Policiais colocaram o corpo na ambulância já com uma manta utilizada para cobrir cadáveres, dizem testemunhas. Depois da morte, moradores da região foram agredidos
por Claudia Belfort e Luís Adorno no Ponte
Agentes da PM-SP (Polícia Militar do Estado de São Paulo) mataram o adolescente Lucas Custódio dos Santos, de 14 anos, por volta das 14h desta quarta-feira (27) em um terreno baldio na Favela do Sucupira, região do Grajaú, zona sul da capital. Segundo primos e um irmão do jovem, Lucas voltava de um jogo de futebol quando tomou um tiro na perna. Depois do primeiro disparo, assustado, ele tentou fugir e foi alvejado. Testemunhas relatam que policiais militares dispararam seis vezes contra o rapaz, acertando três tiros, um na perna e dois no abdômen.
De acordo com a corporação, dois adolescentes foram abordados e tentaram fugir, um conseguiu escapar. A PM afirma que Lucas foi socorrido e levado ao Hospital Maria Antonieta, mas um vídeo, obtido com exclusividade pela Ponte Jornalismo, mostra que o corpo do jovem estava envolto com uma manta térmica e segundo os moradores, ele deixou o terreno já coberto por essa manta, como um cadáver.
Moradores afirmaram, ainda, que um dos policiais envolvidos no caso colocou as mãos na cabeça e disse estar arrependido do que fez. O caso foi registrado no 101o DP (Distrito Policial).
A reportagem pediu explicações à Polícia Militar, à 1h44 desta quinta-feira (28). Às 3h22, a corporação respondeu que “a Polícia Militar esclarece, em nome da transparência que lhe é peculiar, que o respectivo pedido de informação não oferece tempo hábil para o devido levantamento acerca do fato noticiado. Em respeito ao público leitor, encaminharemos a demanda ao Comando local, e responderemos, dentro da razoabilidade, assim que dispusermos dos dados a respeito.” Em contra resposta, a reportagem da Ponte afirmou que, assim que a corporação tiver uma versão para o fato, a matéria será atualizada.
Para chamar a atenção para a morte de Lucas, moradores da região fizeram uma manifestação, que teve o seu pico por volta das 17h. Segundo a PM, cinco ônibus e um caminhão foram depredados, os manifestantes também atearam fogo em lixo para interromper o tráfego na avenida Dona Belmira Marin. A presença da PM, principalmente do 27o Batalhão e da Rota (Rondas Ostensivas Tobias de Aguiar), se intensificou para interromper os eventuais atos de vandalismo contra os veículos, mas, ao mesmo tempo, provocou terror em quem protestava. A reportagem da Ponte Jornalismo teve acesso a duas vítimas da truculência policial no Grajaú entre a tarde e a noite desta quarta-feira: Luiz Felipe Rocha de Lima, de 21 anos, pizzaiolo, e C., de 47.

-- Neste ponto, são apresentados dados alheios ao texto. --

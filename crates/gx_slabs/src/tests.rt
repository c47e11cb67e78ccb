ghost use Rattle.gx_num.specs.Vector.{IsWithin};

use crate::offer_copies;
use gx_along::{Stretch, Time};
use gx_num::{Ray, V3};
use gx_offers::Offers;
use std::test::Fail;

fn vector(v: [i8; 3]) -> V3
    ensures { IsWithin 128 result }
{
    let [x, y, z] = v;
    V3 {
        x: i64::from(x),
        y: i64::from(y),
        z: i64::from(z),
    }
}

// By hand: five copies of width 4 from -10 to 10. The second times are halves.
#[test]
fn copies_that_a_ray_meets_are_offered_along_it(rt: HostRuntime) -> Result<(), Fail> {
    let alloc = rt.alloc();
    let cases: [(u8, [i8; 3], [i8; 3], u8, u8, &[u32]); 8] = [
        // across all, back, and a part of it
        (0, [-20, 0, 0], [1, 0, 0], 0, 100, &[0, 1, 2, 3, 4]),
        (0, [20, 0, 0], [-1, 0, 0], 0, 100, &[4, 3, 2, 1, 0]),
        (1, [0, -20, 0], [0, 1, 0], 30, 45, &[1, 2, 3]),
        // up to a face, and from it on
        (0, [-20, 0, 0], [1, 0, 0], 0, 28, &[0]),
        (0, [-20, 0, 0], [1, 0, 0], 28, 29, &[1]),
        (2, [0, 0, 20], [0, 0, -1], 28, 29, &[3]),
        // along the copies' faces, and beside them all
        (0, [-2, 0, 0], [0, 1, 0], 0, 9, &[2]),
        (0, [10, 0, 0], [0, 1, 0], 0, 9, &[]),
    ];
    for (axis, o, d, from, to, expected) in cases {
        let mut offers = Offers::new(alloc, 5)?;
        let ray = Ray {
            o: vector(o),
            d: vector(d),
        };
        if from >= to || axis > 2 {
            return Err("no stretch".into());
        }
        let stretch = Stretch {
            from: Time {
                num: u128::from(from),
                den: 2,
            },
            to: Time {
                num: u128::from(to),
                den: 2,
            },
        };
        offer_copies(axis, -10, 4, 5, &ray, stretch, &mut offers);
        assert_eq!(rt; offers.as_slice(), expected);
    }
    Ok(())
}
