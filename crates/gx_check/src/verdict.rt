ghost use Rattle.std.specs.Prelude.{◌≡◌};

use gx_common::Points;
use gx_num::V3;
use gx_plane::Plane;

/// What is said of a daughter or of two daughters, by the numbers of the mother and their ordinals in her, in her frame.
#[derive(Drop)]
pub enum Verdict {
    /// The daughter is in her mother.
    Inner {
        mother: u32,
        ordinal: u32,
    },
    /// She isn't: her first vertex that isn't in the mother.
    Outer {
        mother: u32,
        ordinal: u32,
        point: V3,
    },
    /// The insides of the two don't meet: the first plane between them, with the first one on its low side.
    Apart {
        mother: u32,
        first: u32,
        second: u32,
        plane: Plane,
    },
    /// The insides meet: the points that show it.
    Overlap {
        mother: u32,
        first: u32,
        second: u32,
        points: Points,
    },
}

impl Verdict {
    ghost use Rattle.gx_check.specs.Verdicts.{refutes};

    /// It says that the hierarchy isn't clean.
    pub fn refutes(&self) -> bool
        ensures { result ≡ refutes self.now }
    {
        match self {
            Verdict::Inner { .. } | Verdict::Apart { .. } => false,
            Verdict::Outer { .. } | Verdict::Overlap { .. } => true,
        }
    }
}
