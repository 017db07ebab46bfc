// Single cells of squares in the store, by the path of quarters that leads to them.
#![tactic(auto)]

ghost use Rattle.std.specs.Prelude.{◌≡◌, suc, ◌+◌, ◌^◌, ◌<◌, ◌≤◌, Bool};
ghost use Rattle.model.specs.Squares.{Square, state_at};
ghost use Rattle.pieces.specs.Nine.{Outcome, Given};
ghost use Rattle.slots.specs.Stores.{Same, Good, Has, Is};
ghost use Rattle.seek.specs.Putting.{put_in, Task, Loose};

use leaf::{cell, with_cell};
use pieces::{quarter, while_held};
use slots::Store;
use squares::{cells, quarters};
use store::{Full, intern, intern_leaf};

// Whether the cell lives that is x to the right and y down in a square of this depth.
pub fn cell_of(store: &Store, depth: usize, number: usize, x: u64, y: u64) -> bool
    requires good { Good store.now }
    requires square { (Has store.now depth number) × (depth ≤ 60) }
    requires within { (x < 2 ^ suc (suc (suc depth))) × (y < 2 ^ suc (suc (suc depth))) }
    ensures { (q : Square Bool) → Is store.now depth number q → result ≡ state_at (suc (suc (suc depth))) q x y }
{
    if depth == 0 {
        return cell(cells(store, number), x as u32, y as u32);
    }
    let half = side(depth - 1);
    let part = quarter(store, number, (y / half) as usize, (x / half) as usize);
    cell_of(store, depth - 1, part, x % half, y % half)
}

// A cell that is put, x to the right and y down, and whether it lives then.
#[derive(Clone, Copy, PartialEq, Eq, Debug)]
pub struct Put {
    pub x: u64,
    pub y: u64,
    pub lives: bool,
}

// The number of the square that is held at a place, with the cell put. One path of squares is made anew.
#[cycle(putting)]
pub fn put_cell(store: &mut Store, depth: usize, place: usize, put: Put) -> Result<usize, Full>
    requires { Task store.old depth place put.x put.y }
    ensures same { Same store.old store.new }
    ensures put { Outcome store.old store.new depth depth place (put_in depth put.x put.y put.lives) result }
{
    if depth == 0 {
        put_in_leaf(store, place, put)
    } else {
        put_in_quarter(store, depth - 1, place, put)
    }
}

fn put_in_leaf(store: &mut Store, place: usize, put: Put) -> Result<usize, Full>
    requires { Task store.old 0 place put.x put.y }
    ensures same { Same store.old store.new }
    ensures put { Outcome store.old store.new 0 0 place (put_in 0 put.x put.y put.lives) result }
{
    let word = cells(store, store.held(place));
    intern_leaf(
        store,
        with_cell(word, put.x as u32, put.y as u32, put.lives),
    )
}

// The quarter in which the cell lies is made anew, and joins the other three; `below` is the depth of the quarters.
#[cycle(putting)]
fn put_in_quarter(store: &mut Store, below: usize, place: usize, put: Put) -> Result<usize, Full>
    requires { Task store.old (suc below) place put.x put.y }
    ensures same { Same store.old store.new }
    ensures put { Outcome store.old store.new (suc below) (suc below) place (put_in (suc below) put.x put.y put.lives) result }
{
    let half = side(below);
    let row = (put.y / half) as usize;
    let column = (put.x / half) as usize;
    let number = store.held(place);
    let old = quarter(store, number, row, column);
    let inner = Put {
        x: put.x % half,
        y: put.y % half,
        ..put
    };
    let new = put_number(store, below, old, inner)?;
    let four = quarters(store, number).with(row, column, new);
    intern(store, below, four)
}

// The same for a square that isn't held.
#[cycle(putting)]
fn put_number(store: &mut Store, depth: usize, number: usize, put: Put) -> Result<usize, Full>
    requires { Loose store.old depth number put.x put.y }
    ensures same { Same store.old store.new }
    ensures put { Given store.old store.new depth depth number (put_in depth put.x put.y put.lives) result }
{
    while_held(
        store,
        number,
        |store, place|
            requires { Task store.old depth place put.x put.y }
            ensures { Same store.old store.new × Outcome store.old store.new depth depth place (put_in depth put.x put.y put.lives) result }
        { put_cell(store, depth, place, put) },
    )
}

// How many cells wide a square of this depth is.
fn side(depth: usize) -> u64
    requires { depth ≤ 60 }
    ensures { result ≡ 2 ^ suc (suc (suc depth)) }
{
    1 << (depth + 3)
}
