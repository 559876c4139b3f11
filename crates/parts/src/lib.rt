// No code: why a script may be checked in several tables, as theorems about the module pass and the audit.
// specs/Parts.antt defines what a part keeps of the whole; proofs/Theorems.antt has the theorems.
#![tactic(auto)]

Luiz Felipe Rocha de Lima temeu ter o mesmo fim de Lucas Custódio dos Santos, seu primo. Pizzaiolo, quando ficou sabendo que o jovem havia sido alvejado, ainda havia a esperança de que ele estivesse vivo. “Ninguém deixava a gente ver [o corpo]. Os policiais alegavam que estava vivo e que estavam prestando socorro. Só que já saiu daqui morto e eles quiseram falar que morreu quando chegou no hospital”, afirmou à Ponte. “Agora pela noite, eu subindo a rua, um policial olhou pra mim e falou ‘o que você tá olhando?’. Eu falei ‘nada, eu só tô te olhando’. Ele olhou pra mim e falou da seguinte forma: pra não ficar olhando pra ele porque ele é bonito, mas que se eu quisesse dar pra ele, eu dava depois.”

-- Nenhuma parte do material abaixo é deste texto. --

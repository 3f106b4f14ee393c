//! What is said of a line, and of all lines together.
ghost use Rattle.std.specs.Prelude.{◌≡◌};
ghost use Rattle.weigh.specs.Reports.{line_weights, no_lines, summed, noted, next_line};

use std::fmt;
use text::{BlankCounting, BlankFree, Refusal, TextFault, weigh_text};

/// The weights of a line by the blank-counting and by the blank-free rule, or the sums of these.
#[derive(Clone, Copy, Default)]
pub struct Weights {
    counting: u64,
    free: u64,
}

impl Weights {
    /// The weights of a line, or why it is refused.
    pub fn of(line: &[u8]) -> Result<Weights, TextFault>
        ensures { result ≡ line_weights line.now }
    {
        let counting = weigh_text(&BlankCounting, line)?;
        let free = weigh_text(&BlankFree, line)?;
        Ok(Weights { counting, free })
    }

    /// The sums with these weights more. A sum that comes to 2^64 - 1 stays there.
    pub fn saturating_add(self, more: Weights) -> Weights
        ensures { result ≡ summed self more }
    {
        Weights {
            counting: self.counting.saturating_add(more.counting),
            free: self.free.saturating_add(more.free),
        }
    }
}

impl fmt::Display for Weights {
    ghost use Rattle.std.specs.Prelude.{Some};
    ghost use Rattle.weigh.specs.Reports.{weights_shown};

    ghost output = { λ weights. Some (weights_shown weights) };

    fn fmt<W: fmt::Write>(&self, f: &mut fmt::Formatter<W>) -> fmt::Result {
        let Weights { counting, free } = *self;
        write!(f, "{counting} with blanks, {free} without")
    }
}

/// What the line `number` weighs, or why it is refused.
#[derive(Clone, Copy)]
pub struct Report {
    pub number: u64,
    pub outcome: Result<Weights, TextFault>,
}

impl fmt::Display for Report {
    ghost use Rattle.std.specs.Prelude.{Some};
    ghost use Rattle.weigh.specs.Reports.{report_shown};

    ghost output = { λ report. Some (report_shown report.number report.outcome) };

    fn fmt<W: fmt::Write>(&self, f: &mut fmt::Formatter<W>) -> fmt::Result {
        let number = self.number;
        match self.outcome {
            Ok(weights) => {
                let Weights { counting, free } = weights;
                write!(f, "{number}: {counting} with blanks, {free} without")
            }
            Err(fault) => {
                let refusal = fault.number();
                let place = fault.place();
                write!(f, "{number}: refused {refusal} at {place}")
            }
        }
    }
}

/// What has been weighed so far. A number that comes to 2^64 - 1 stays there.
#[derive(Clone, Copy, Default)]
pub struct Tally {
    weighed: u64,
    sums: Weights,
    refused: u64,
}

impl Tally {
    /// A tally of no lines.
    pub fn new() -> Tally
        ensures { result ≡ no_lines }
    {
        Tally::default()
    }

    /// Notes one line more.
    pub fn note(&mut self, outcome: Result<Weights, TextFault>)
        ensures { self.new ≡ noted self.old outcome }
    {
        match outcome {
            Ok(weights) => {
                self.weighed = self.weighed.saturating_add(1);
                self.sums = self.sums.saturating_add(weights);
            }
            Err(_) => self.refused = self.refused.saturating_add(1),
        }
    }

    /// The number of the next line, from 1.
    pub fn next_line(&self) -> u64
        ensures { result ≡ next_line self.now }
    {
        self.weighed.saturating_add(self.refused).saturating_add(1)
    }
}

impl fmt::Display for Tally {
    ghost use Rattle.std.specs.Prelude.{Some};
    ghost use Rattle.weigh.specs.Reports.{summary_shown};

    ghost output = { λ tally. Some (summary_shown tally) };

    fn fmt<W: fmt::Write>(&self, f: &mut fmt::Formatter<W>) -> fmt::Result {
        let Tally {
            weighed,
            sums,
            refused,
        } = *self;
        write!(f, "weighed {weighed} lines: {sums}; {refused} refused")
    }
}
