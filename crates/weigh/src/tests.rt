//! What is printed of a stream in memory. The expected texts are those of tools/weigh.py.
use crate::weigh;
use crate::weigher::Weigher;

const STREAM: &[u8] = b"a bc\n\xC3\xA9 \n\xE9\nx";

const PRINTED: &str =
    "1: 4 with blanks, 3 without\n2: 2 with blanks, 1 without\n3: refused 15 at 0\n4: 1 with blanks, 1 without\n\
weighed 3 lines: 7 with blanks, 5 without; 1 refused\n";

#[test]
fn a_stream_in_two_pieces(rt: HostRuntime) -> anyhow::Result<()> {
    let mut out = String::new(rt.alloc());
    let mut weigher = Weigher::new();
    // The first piece ends within a character.
    weigher.take_in(&STREAM[..6], &mut out)?;
    weigher.take_in(&STREAM[6..], &mut out)?;
    weigher.finish(&mut out)?;
    assert_eq!(rt; out.as_str(), PRINTED);
    Ok(())
}

#[test]
fn a_stream_through_a_small_buffer(rt: HostRuntime) -> anyhow::Result<()> {
    let mut input = STREAM;
    let mut output = Vec::new(rt.alloc());
    let mut buffer = [0u8; 3];
    weigh(rt.alloc(), &mut input, &mut output, &mut buffer)?;
    assert_eq!(rt; output.as_slice(), PRINTED.as_bytes());
    Ok(())
}
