//! Weighs the lines of standard input with blanks and without.
//!
//! A line ends at byte 10, and what follows the last one is a line too if it has a byte. The reports of the lines that
//! end in what was read are printed before more is read, in memory that does not grow with the input.
#![tactic(auto)]

ghost use Rattle.std.specs.Prelude.{◌≡◌, ℕ, ◌-◌, ◌^◌, ◌<◌, List, Some, length, OnOk};
ghost use Rattle.std.specs.Io.KnownBytes.{Appends};
ghost use Rattle.weigh.specs.Reports.{no_lines};
ghost use Rattle.weigh.specs.Streams.{printed_of};

mod reports;
#[cfg(test)]
mod tests;
mod weigher;

use std::alloc::Global;
use std::io::{self, Read, Write};
use weigher::Weigher;

/// How much is read at a time.
const CHUNK: usize = 65536;

/// Weighs the lines that `input` has left. Where its bytes are known, so is what is printed of them.
fn weigh<R: Read, W: Write>(
    heap: Global,
    input: &mut R,
    output: &mut W,
    buffer: &mut [u8],
) -> anyhow::Result<()>
    ensures printed { 0 < length buffer.old → (stream : List ℕ) → R.remaining input.old ≡ Some stream → length stream < 2 ^ 64 - 1 →
        OnOk result (Appends (W.contents output.old) (W.contents output.new) (printed_of no_lines stream)) }
{
    let mut weigher = Weigher::new();
    let mut out = String::new(heap);
    // With an end, which no input reaches: a reader may go on forever, and a loop without one may then never return.
    for _ in 0..u64::MAX {
        let count = input.read(buffer)?;
        if count == 0 {
            break;
        }
        weigher.take_in(&buffer[..count], &mut out)?;
        print(output, out.as_str())?;
        out.clear();
    }
    weigher.finish(&mut out)?;
    print(output, out.as_str())?;
    Ok(())
}

/// Writes `text`, and keeps none of it back.
// `buckets` has its like: a crate of its own for these lines, which both would name, is no plainer.
fn print<W: Write>(output: &mut W, text: &str) -> io::Result<()>
    ensures { OnOk result (Appends (W.contents output.old) (W.contents output.new) text.now) }
{
    output.write_all(text.as_bytes())?;
    output.flush()
}

fn main(rt: HostRuntime) -> anyhow::Result<()> {
    let mut input = rt.stdin();
    let mut output = rt.stdout();
    // An array lent to `read`, which says how much of it was filled: a `BufReader` with `fill_buf` and `consume` is no shorter.
    let mut buffer = [0u8; CHUNK];
    weigh(rt.alloc(), &mut input, &mut output, &mut buffer)
}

“Eu falei pra ele me respeitar porque eu sou homem igualmente a ele e vestia calça igualmente a ele. Aproveitaram da situação, falaram um monte para mim e começaram a me bater. E veio um policial pelas minhas costas e me deu uma bicuda. Aí um outro policial me agarrou e tentou me levar pra dentro do beco pra continuar me batendo, mas eu continuei brigando com o policial, me arrastando para a rua, enquanto eles tentavam me arrastar pra dentro do beco. Nisso, um policial começou a me forçar e eu desmaiei no meio da rua e eles me batendo. Depois eles me acordaram e começaram a me bater novamente e pediram meu documento. E quando eu fui pegar meu documento, o policial cuspiu na minha cara”, relata o primo da vítima fatal, que voltava da igreja depois de saber da morte do menor de idade.

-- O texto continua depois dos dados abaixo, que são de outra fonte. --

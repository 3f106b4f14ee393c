//! Lines that arrive in pieces: each is weighed when its end has come.
//!
//! What prints says in its contract which text it appends. The texts differ, so that no type could say it for all.
ghost use Rattle.std.specs.Prelude.{◌≡◌, ℕ, List, [], ◌++◌, take, string_bytes, OnOk};
ghost use Rattle.lines.specs.Held.{held};
ghost use Rattle.weigh.specs.Reports.{line_weights, no_lines, noted, next_line, report_text};
ghost use Rattle.weigh.specs.Streams.{TakenIn, printed_last, OneStream};

use crate::reports::{Report, Tally, Weights};
use lines::{HeldLine, line_length};
use std::fmt;
use text::MOST_BYTES;

/// How many bytes of a line are kept: one more than a text may have tells that it is too long.
pub const KEPT: usize = MOST_BYTES + 1;

/// Weighs the lines of a stream that arrives in pieces.
///
/// It holds the first bytes of the line that has not ended yet, and the tally of those that have.
#[derive(Drop)]
pub struct Weigher {
    pub line: HeldLine<KEPT>,
    pub tally: Tally,
}

impl Weigher {
    /// A weigher to which nothing has come.
    pub fn new() -> Weigher
        ensures line { held result.line ≡ [] }
        ensures tally { result.tally ≡ no_lines }
    {
        Weigher {
            line: HeldLine::new(),
            tally: Tally::new(),
        }
    }

    /// Takes in the next piece of the stream: the lines that end in it are reported, and what is left of it is held.
    ///
    /// `begun` is what has come of the line that has not ended yet, of which the first bytes are held.
    pub fn take_in(&mut self, piece: &[u8], out: &mut String) -> fmt::Result
        ensures { (begun : List ℕ) → held self.old.line ≡ take 241 begun → OnOk result (TakenIn begun piece.now self.old.tally (string_bytes out.old) self.new.tally (string_bytes out.new) (held self.new.line)) }
    {
        let mut rest = piece;
        loop {
            let (part, after) = rest.split_at(line_length(rest));
            self.line.extend(part);
            let [_, next @ ..] = after else {
                return Ok(());
            };
            self.end_line(out)?;
            rest = next;
        }
    }

    /// Ends the stream: a last line that nothing ended is reported, and then the summary.
    pub fn finish(&mut self, out: &mut String) -> fmt::Result
        ensures { (begun : List ℕ) → held self.old.line ≡ take 241 begun → OnOk result (string_bytes out.new ≡ string_bytes out.old ++ printed_last self.old.tally begun) }
    {
        if !self.line.is_empty() {
            self.end_line(out)?;
        }
        writeln!(out, "{}", self.tally)?;
        Ok(())
    }

    /// Reports the line that is held, notes it, and begins the next.
    fn end_line(&mut self, out: &mut String) -> fmt::Result
        ensures printed { OnOk result (string_bytes out.new ≡ string_bytes out.old ++ report_text (next_line self.old.tally) (line_weights (held self.old.line))) }
        ensures noted { OnOk result (self.new.tally ≡ noted self.old.tally (line_weights (held self.old.line))) }
        ensures cleared { OnOk result (held self.new.line ≡ []) }
    {
        let report = Report {
            number: self.tally.next_line(),
            outcome: Weights::of(self.line.bytes()),
        };
        writeln!(out, "{report}")?;
        self.tally.note(report.outcome);
        self.line.clear();
        Ok(())
    }
}

/// However a stream arrives in pieces, what is printed of it is the same.
pub fn one_stream()
    ensures { OneStream }
{}
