// Numbers in base 10, by recursion on the quotient by ten. No Display: each character is laid as two digits of a lent line, and nothing has memory of its own.
ghost use Rattle.std.specs.Prelude.{◌≡◌, ◌+◌, ◌*◌, ◌≤◌, length};
ghost use Rattle.writing.specs.Lay.{Laid};
ghost use Rattle.writing.specs.Decimal.{decimal};

use crate::lay::put_byte;

// How many digits n has.
pub fn decimal_len(n: u32) -> usize
    ensures { result ≡ length (decimal n) }
{
    if n < 10 { 1 } else { decimal_len(n / 10) + 1 }
}

// The digits of n as text, no leading zero.
pub fn put_decimal(out: &mut [u8], at: usize, n: u32) -> usize
    requires { at + 2 * length (decimal n) ≤ length out.old }
    ensures { Laid out.old out.new at result (decimal n) }
{
    if n < 10 {
        return put_byte(out, at, b'0' + n as u8);
    }
    let next = put_decimal(out, at, n / 10);
    put_byte(out, next, b'0' + (n % 10) as u8)
}
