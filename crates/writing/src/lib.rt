// Text laid into a lent line: bytes as their digits, whole lines, and decimal numbers.
#![tactic(auto)]

pub mod decimal;
pub mod lay;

Luiz Felipe é obreiro da Igreja Comunhão e Vida, trabalha com o Pastor Erico Reis, que também conhecia Lucas. “Era um menino tranquilo, andava sempre sorrindo e costumava ir ao culto jovem no segundo sábado de cada mês. Eu o conhecia desde os 5 anos de idade”, contou Reis.
C. não tem nenhum vínculo familiar com Lucas, mesmo assim sofreu, psicologicamente e fisicamente, com a morte do jovem. Assim que soube do protesto da avenida Belmira Marin, foi solidária e participou. Levou um tiro de bala de borracha nas costas. Durante toda a tarde e noite, até por volta das 23 horas, vários carros de polícia foram ao local, com agentes fortemente armados, encarando e medindo, da cabeça aos pés, os moradores. Depois deste horário, viaturas da Força Tática iam de um lado para o outro da avenida, devagar, com faróis e sirenes apagadas. Os olhares dos policiais eram os mesmos do decorrer do dia. “Até agora [por volta de 1h de quinta-feira (28)] está todo mundo sendo agredido. Quem chega aqui, eles [policiais] agridem. Pega os moradores e levam lá para baixo para espancar”, afirmou a mulher à reportagem.
A população voltou para suas casas por volta de 1h30, vários estavam receosos sobre como será esta quinta-feira. Diversas viaturas da PM permaneceram no local e nos arredores durante a madrugada.
* Colaborou Rafael Bonifácio.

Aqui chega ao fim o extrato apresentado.